WHAT THE TASK REQUIRES.
Which lines to output? The line containing "The sum, which" and every line after it in the data below, each copied exactly.

Dataset entries.
// The sums that stand in the rules of a path, over the columns of a shape.
ghost use Rattle.std.specs.Prelude.{◌≡◌, ◌<◌, ◌≤◌, ◌^◌, [], ◌∷◌, pos, negsuc, IfOk, unsigned_abs};
ghost use Rattle.claims.specs.Subjects.{of_arrivals, of_losses, of_service, part};
ghost use Rattle.path_server.specs.Claims.{accepted, allowance, new_losses, room, service};
ghost use Rattle.path_server.specs.Limits.{IsNumber, IsPath};
ghost use Rattle.path_server.specs.Scales.{IsScale, factors};
ghost use Rattle.path_server.specs.Servers.{server_of};
ghost use Rattle.run_rows.specs.Columns.{rows_of};
ghost use Rattle.run_rows.specs.Limits.{IsWithin};
ghost use Rattle.unroll.specs.Sums.{with_parts};

use crate::sums::Sum;
use path_server::{Path, Scale};
use run_rows::{Entry, Shape};
use whole::{NoMemory, Pair};

impl Sum {
    /// The sum with the service of each flow.
    pub(crate) fn plus_service(
        self,
        shape: &Shape,
        scale: &Scale,
        row: u32,
    ) -> Result<Sum, NoMemory>
        requires within { IsWithin shape.now }
        requires row_in { row < rows_of shape.now }
        ensures value { IfOk result (λ sum. sum ≡ with_parts shape.now self (service part shape.now.flows (factors scale.now) row)) }
        ensures constant { IfOk result (λ sum. sum.constant ≡ self.constant) }
    {
        let mut sum = self;
        for index in 0..shape.flows {
            sum = sum.plus_service_of(shape, scale, row, index + 1)?;
        }
        Ok(sum)
    }

    fn plus_service_of(
        self,
        shape: &Shape,
        scale: &Scale,
        row: u32,
        flow: u32,
    ) -> Result<Sum, NoMemory>
        requires within { IsWithin shape.now }
        requires row_in { row < rows_of shape.now }
        requires flow_from { 1 ≤ flow }
        requires flow_to { flow ≤ shape.now.flows }
        ensures { IfOk result (λ sum. sum ≡ with_parts shape.now self (part scale.now.unit (of_service row flow) ∷ [])) }
    {
        self.plus(shape, scale.unit, Entry::S { row, flow })
    }

    /// The sum with what arrived of each flow and wasn't lost.
    pub(crate) fn plus_accepted(
        self,
        shape: &Shape,
        scale: &Scale,
        row: u32,
    ) -> Result<Sum, NoMemory>
        requires within { IsWithin shape.now }
        requires row_in { row < rows_of shape.now }
        ensures value { IfOk result (λ sum. sum ≡ with_parts shape.now self (accepted part shape.now.flows (factors scale.now) row)) }
        ensures constant { IfOk result (λ sum. sum.constant ≡ self.constant) }
    {
        let mut sum = self;
        for index in 0..shape.flows {
            sum = sum.plus_accepted_of(shape, scale, row, index + 1)?;
        }
        Ok(sum)
    }

    fn plus_accepted_of(
        self,
        shape: &Shape,
        scale: &Scale,
        row: u32,
        flow: u32,
    ) -> Result<Sum, NoMemory>
        requires within { IsWithin shape.now }
        requires row_in { row < rows_of shape.now }
        requires flow_from { 1 ≤ flow }
        requires flow_to { flow ≤ shape.now.flows }
        ensures { IfOk result (λ sum. sum ≡ with_parts shape.now self (part scale.now.unit (of_arrivals row flow) ∷ part scale.now.minus (of_losses row flow) ∷ [])) }
    {
        let arrived = self.plus(shape, scale.unit, Entry::A { row, flow })?;
        arrived.plus(shape, scale.minus, Entry::L { row, flow })
    }

    /// The sum with the losses that each flow has on `row` and not yet on `before`.
    pub(crate) fn plus_new_losses(
        self,
        shape: &Shape,
        row: u32,
        before: u32,
    ) -> Result<Sum, NoMemory>
        requires within { IsWithin shape.now }
        requires row_in { row < rows_of shape.now }
        requires before_in { before < rows_of shape.now }
        ensures { IfOk result (λ sum. sum ≡ with_parts shape.now self (new_losses part shape.now.flows row before)) }
    {
        let mut sum = self;
        for index in 0..shape.flows {
            sum = sum.plus_new_losses_of(shape, row, before, index + 1)?;
        }
        Ok(sum)
    }

    #[tactic(auto, using(whole::proofs::Overflow::signed))]
    fn plus_new_losses_of(
        self,
        shape: &Shape,
        row: u32,
        before: u32,
        flow: u32,
    ) -> Result<Sum, NoMemory>
        requires within { IsWithin shape.now }
        requires row_in { row < rows_of shape.now }
        requires before_in { before < rows_of shape.now }
        requires flow_from { 1 ≤ flow }
        requires flow_to { flow ≤ shape.now.flows }
        ensures { IfOk result (λ sum. sum ≡ with_parts shape.now self (part (pos 1) (of_losses row flow) ∷ part (negsuc 0) (of_losses before flow) ∷ [])) }
    {
        let lost = self.plus(shape, 1, Entry::L { row, flow })?;
        lost.plus(shape, -1, Entry::L { row: before, flow })
    }

    /// The sum, which has no constant yet, with the most that may have been served `back` rows before `row`.
    pub(crate) fn plus_allowance(
        self,
        shape: &Shape,
        path: &Path,
        scale: &Scale,
        row: u32,
        back: u32,
    ) -> Result<Sum, NoMemory>
        requires within { IsWithin shape.now }
        requires path_in { IsPath path.now }
        requires scale_in { IsScale scale.now }
        requires row_in { row < rows_of shape.now }
        requires back_in { back ≤ 8 }
        requires none { self.constant ≡ pos 0 }
        ensures value { IfOk result (λ sum. sum ≡ with_parts shape.now self (allowance part (server_of path.now) (factors scale.now) row back)) }
        ensures constant { IfOk result (λ sum. unsigned_abs sum.constant ≤ 72000000000) }
    {
        let served = self.plus_constant(scale.rate_over(path, row, back));
        let credited = served.plus(shape, scale.unit, Entry::Credit)?;
        let row = row.saturating_sub(back);
        credited.plus(shape, scale.minus, Entry::W { row })
    }

    /// The sum with the buffer.
    pub(crate) fn plus_room(self, buffer: &Pair, scale: &Scale) -> Sum
        requires scale_in { IsScale scale.now }
        requires buffer_in { IsNumber buffer.now }
        requires constant_in { unsigned_abs self.constant ≤ 72000000000 }
        ensures { (s : Shape) → result ≡ with_parts s self (room part buffer.now (factors scale.now)) }
    {
        self.plus_constant(scale.buffer_of(buffer))
    }
}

PROBLEM SOLUTION.
    /// The sum, which has no constant yet, with the most that may have been served `back` rows before `row`.
    pub(crate) fn plus_allowance(
        self,
        shape: &Shape,
        path: &Path,
        scale: &Scale,
        row: u32,
        back: u32,
    ) -> Result<Sum, NoMemory>
        requires within { IsWithin shape.now }
        requires path_in { IsPath path.now }
        requires scale_in { IsScale scale.now }
        requires row_in { row < rows_of shape.now }
        requires back_in { back ≤ 8 }
        requires none { self.constant ≡ pos 0 }
        ensures value { IfOk result (λ sum. sum ≡ with_parts shape.now self (allowance part (server_of path.now) (factors scale.now) row back)) }
        ensures constant { IfOk result (λ sum. unsigned_abs sum.constant ≤ 72000000000) }
    {
        let served = self.plus_constant(scale.rate_over(path, row, back));
        let credited = served.plus(shape, scale.unit, Entry::Credit)?;
        let row = row.saturating_sub(back);
        credited.plus(shape, scale.minus, Entry::W { row })
    }

    /// The sum with the buffer.
    pub(crate) fn plus_room(self, buffer: &Pair, scale: &Scale) -> Sum
        requires scale_in { IsScale scale.now }
        requires buffer_in { IsNumber buffer.now }
        requires constant_in { unsigned_abs self.constant ≤ 72000000000 }
        ensures { (s : Shape) → result ≡ with_parts s self (room part buffer.now (factors scale.now)) }
    {
        self.plus_constant(scale.buffer_of(buffer))
    }
}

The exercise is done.